The Titanium Jr Gent Roller ball and Fountain pens- available with the smooth end cap only- threaded end caps won't be available until October.
Getting low on the Jr Emperor w/22k gold roller ball- won't have new stock until the end of October.

So, looks like with a few exceptions there should not be a supply issue. The items listed above will not be an option for this group buy. Assuming we get a minimum of 100 pens ordered, we'll go forward. I'll be posting the format Dario and several others have used for this earlier, and will try to keep an updated tally and cumulative total going in this initial post. If you need bushings they well be available for order as well- I'll double check availability since I did not include that on my initial e-mail. Cut-off for this will be next Wednesday, the 20th, at 6:00 PM Central time (assuming we've gotten to the 100 pen mark, if not this will be off). I do have a favor to ask- a little guidance from those who have done this before. While I have a paypal account, it's been pretty much exclusively used for paying, not receiving. If one of you would e-mail me some points on your experience I'd very much appreciate it. Dario, if you still have the spread sheets you mentioned were helpful for tracking, I'd very much appreciate a copy of those as well. I've asked for updated information on pricing, shipping, and insurance. As soon as I can compile, I'll get that posted (likely this evening). Thanks, all, for your patience.


----------



## Jerryconn (Sep 12, 2006)

I would be interested if there is enough interest to get the max discounts.
imperial and statsman


----------



## OKLAHOMAN (Sep 12, 2006)

same here


----------



## wudwrkr (Sep 12, 2006)

I just missed out on the last group buy and had to buy some stuff at the higher prices so I am definitely interested in some full sized Gentlemen's Pens.


----------



## mewell (Sep 12, 2006)

I'd be interested too - even tho' I was"in" on the Jr. Gents I'd be interested in more of those too if you would consider adding those too[]

Mark


----------



## TBone (Sep 12, 2006)

I'd be interested in Jr Gents also if they are added and maybe a couple Jr Statesmen


----------



## Orgtech (Sep 12, 2006)

I would be interested in a few of each


----------



## Yarael (Sep 12, 2006)

Well Im interested also so guess so far intrest looks pretty good.


----------



## Tea Clipper (Sep 13, 2006)

Count me in too! [8D]


----------



## PenTurnerJohn (Sep 13, 2006)

I'd be interested in a few Jr Statesmen IIs.


----------



## EasyGreasy (Sep 13, 2006)

Two or three for me. Tho fore or more and the wife will show me the door. Five or six and..ok ill shut up now. But I am definatly good for some. 

-Greasy


----------



## Huzzah (Sep 13, 2006)

I'd be interested in a couple as well.


----------



## airrat (Sep 13, 2006)

I am interested.  I was just going to place an order for some Emperors, Emp JR.  JR statemans and Imperials,  Please let me know.


----------



## joeatact (Sep 13, 2006)

I am interested


----------



## Dario (Sep 13, 2006)

Lyle (or anyone interested),

If you ever go with this group buy, I have a worksheet I've been using that I am willing to share.  Of course it is up to you if you want to customize, use as-is, or not use at all.
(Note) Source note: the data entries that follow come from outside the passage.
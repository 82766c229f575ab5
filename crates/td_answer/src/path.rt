//! Why an output changes last when it does.

ghost use Rattle.std.specs.Prelude.{◌≡◌, ◌<◌, length, IfOk, IfErr, IfSome, IfNone, OnOk, None as Nothing, Some as Present};
ghost use Rattle.std.specs.Str.{bytes_eq};
ghost use Rattle.td_nets.specs.Printed.{printed};
ghost use Rattle.td_nets.specs.Views.{name_of};
ghost use Rattle.td_circuit.specs.Numbering.{nets, setting};
ghost use Rattle.td_path.specs.Chains.{IsRunFor};
ghost use Rattle.td_answer.specs.Ends.{EndsByStop};
ghost use Rattle.td_answer.specs.Heads.{head_lines};
ghost use Rattle.td_answer.specs.Runs.{TellsOutput, IsStill};
ghost use Rattle.td_answer.specs.Additions.{AddsLines, IsOutputNamed, TellsNet, NeverChanges, waves_in};
ghost use Rattle.td_source.specs.Reads.{HasNoneNamed};
ghost use Rattle.td_answer.specs.Paths.{ReportsPath, IsTruePath, IsRefusedPath};
ghost use Rattle.td_answer.specs.Writing.{CanBeWritten};

use crate::beside::{changes_line, latest_line};
use crate::head::begun;
use crate::moments::push_lasts;
use crate::names::label;
use crate::outcome::Outcome;
use crate::refusal::Refusal;
use crate::sim::simulated;
use std::alloc::{AllocError, Global};
use td_circuit::Circuit;
use td_lines::{Last, Report};
use td_nets::Name;
use td_path::chain_of;
use td_reading::Reading;
use td_request::Path;
use td_run::Run;
use td_stop::Stop;

/// Whether reports print a name so.
fn is_printed(alloc: Global, name: &Name, word: &str) -> Result<bool, AllocError>
    ensures { IfOk result (λ same. same ≡ bytes_eq (printed (name_of name.now)) word.now) }
{
    let mut text = Vec::new(alloc);
    name.print(&mut text)?;
    Ok(text.as_slice() == word.as_bytes())
}

/// The net of the first output that reports print so, if there is one.
fn output_named(alloc: Global, circuit: &Circuit, word: &str) -> Result<Option<u32>, AllocError>
    ensures { IfOk result (IsOutputNamed circuit.now word.now) }
{
    let _gates = circuit.gates();
    for output in circuit.outputs() {
        let same = is_printed(alloc, circuit.name(*output as usize), word)?;
        if same {
            return Ok(Some(*output));
        }
    }
    Ok(None)
}

/// Appends that the output that is this net never changes.
fn push_never(
    alloc: Global,
    report: &mut Report,
    circuit: &Circuit,
    net: u32,
) -> Result<(), AllocError>
    requires constant { 1 < net }
    requires net { net < length (nets circuit.now) }
    ensures { OnOk result (AddsLines (NeverChanges circuit.now net) report.old report.new) }
{
    let output = label(alloc, circuit.name(net as usize))?;
    let mut rows = Vec::new(alloc);
    rows.push(Last {
        output,
        moment: None,
    })?;
    push_lasts(report, rows)
}

/// Appends why the output that is this net changes last when it does.
fn push_chain(
    alloc: Global,
    report: &mut Report,
    circuit: &Circuit,
    run: &Run,
    net: u32,
) -> Result<(), AllocError>
    requires run { IsRunFor circuit.now run.now }
    requires constant { 1 < net }
    requires net { net < length (nets circuit.now) }
    ensures { OnOk result (AddsLines (TellsNet circuit.now run.now net) report.old report.new) }
{
    match chain_of(alloc, circuit, run, net)? {
        Some(links) => {
            let line = changes_line(alloc, circuit, &links)?;
            report.add(line)
        }
        None => push_never(alloc, report, circuit, net),
    }
}

/// The report on the output of a run that changes last.
fn latest_report(alloc: Global, circuit: &Circuit, run: &Run) -> Result<Report, AllocError>
    requires { IsRunFor circuit.now run.now }
    ensures { IfOk result (ReportsPath (setting circuit.now) (waves_in circuit.now run.now) Nothing) }
{
    let mut report = begun(alloc, circuit)?;
    let line = latest_line(alloc, circuit, run)?;
    report.add(line)?;
    Ok(report)
}

/// The report on the output of a run that reports print so, if there is one.
fn named_report(
    alloc: Global,
    circuit: &Circuit,
    run: &Run,
    word: &str,
) -> Result<Option<Report>, AllocError>
    requires { IsRunFor circuit.now run.now }
    ensures reported { IfOk result (λ reported. IfSome reported (λ report.
        ReportsPath (setting circuit.now) (waves_in circuit.now run.now) (Present word.entry) report)) }
    ensures none { IfOk result (λ reported. IfNone reported (HasNoneNamed circuit.now.netlist word.now)) }
{
    let Some(net) = output_named(alloc, circuit, word)? else {
        return Ok(None);
    };
    let mut report = begun(alloc, circuit)?;
    push_chain(alloc, &mut report, circuit, run, net)?;
    Ok(Some(report))
}

/// Why an output changes last when it does, in the run of a pair of vectors, unless the stop is set
/// meanwhile: the changes that lead to its last change, from that of an input on. It is the output
/// of this name, or the one that changes last.
pub(crate) fn path<'n, 'w>(
    alloc: Global,
    text: &'n [u8],
    reading: &Reading<'_>,
    asked: &Path<'w>,
    stop: &Stop,
) -> Result<Outcome, Refusal<'n, 'w>>
    ensures says { IfOk result (IsTruePath text.now reading.now asked.now) }
    ensures certified { IfOk result (λ outcome. outcome.certificate ≡ Nothing) }
    ensures written { IfOk result CanBeWritten }
    ensures refusal { IfErr result (IsRefusedPath text.now reading.now asked.now) }
    ensures stopped { IfErr result (EndsByStop stop.now.can_be_set) }
{
    let waves = simulated(
        alloc,
        text,
        reading,
        &asked.inputs,
        asked.from,
        asked.to,
        stop,
    )?;
    match asked.output {
        None => {
            let report = latest_report(alloc, &waves.circuit, &waves.run)?;
            Ok(Outcome::done(report))
        }
        Some(word) => match named_report(alloc, &waves.circuit, &waves.run, word)? {
            Some(report) => Ok(Outcome::done(report)),
            None => Err(Refusal::NoOutput(word)),
        },
    }
}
Biggest problem I experienced is the back order issue.  Another thing is labelling of the kits...make sure to ask them to label each kit packet.  Mine always comes labelled only on the outside of the main wrapper (group of 10 or 20 sometimes) and (for me) it is a hassle to make labels for each individual pack.

Good luck!!!


----------



## kent4Him (Sep 13, 2006)

I agree with Dario

Backorders are the biggest hassle.  With the Customs issue they dealt with the last 10 kits took over 3 months to get to me.

Labling is a bit of a pain.  I used a sharpie and wrote on the plastic, but when I do my next group order, I will probably print lables.  My handwriting isn't that great.


----------



## bca1313 (Sep 13, 2006)

You can count me in for some also.

Ben


----------



## wayneis (Sep 13, 2006)

I'd be in for a few.

Wayne


----------



## dozer (Sep 13, 2006)

I would be interested also


----------



## airrat (Sep 13, 2006)

I would make sure to ask them to label each one.  Will make it alot easier for you to seperate them out.


----------



## Kaspar (Sep 13, 2006)

I'm in for two, at least.  Depending on the type and the amount of the discount.


----------



## TheHeretic (Sep 13, 2006)

lets see what we have and I may buy a few


Dean 
Columbus OH


----------



## herper62 (Sep 14, 2006)

Im in for a couple
Herper


----------



## Randy_ (Sep 14, 2006)

> _Originally posted by airrat_
> <br />I would make sure to ask them to label each one.  Will make it alot easier for you to seperate them out.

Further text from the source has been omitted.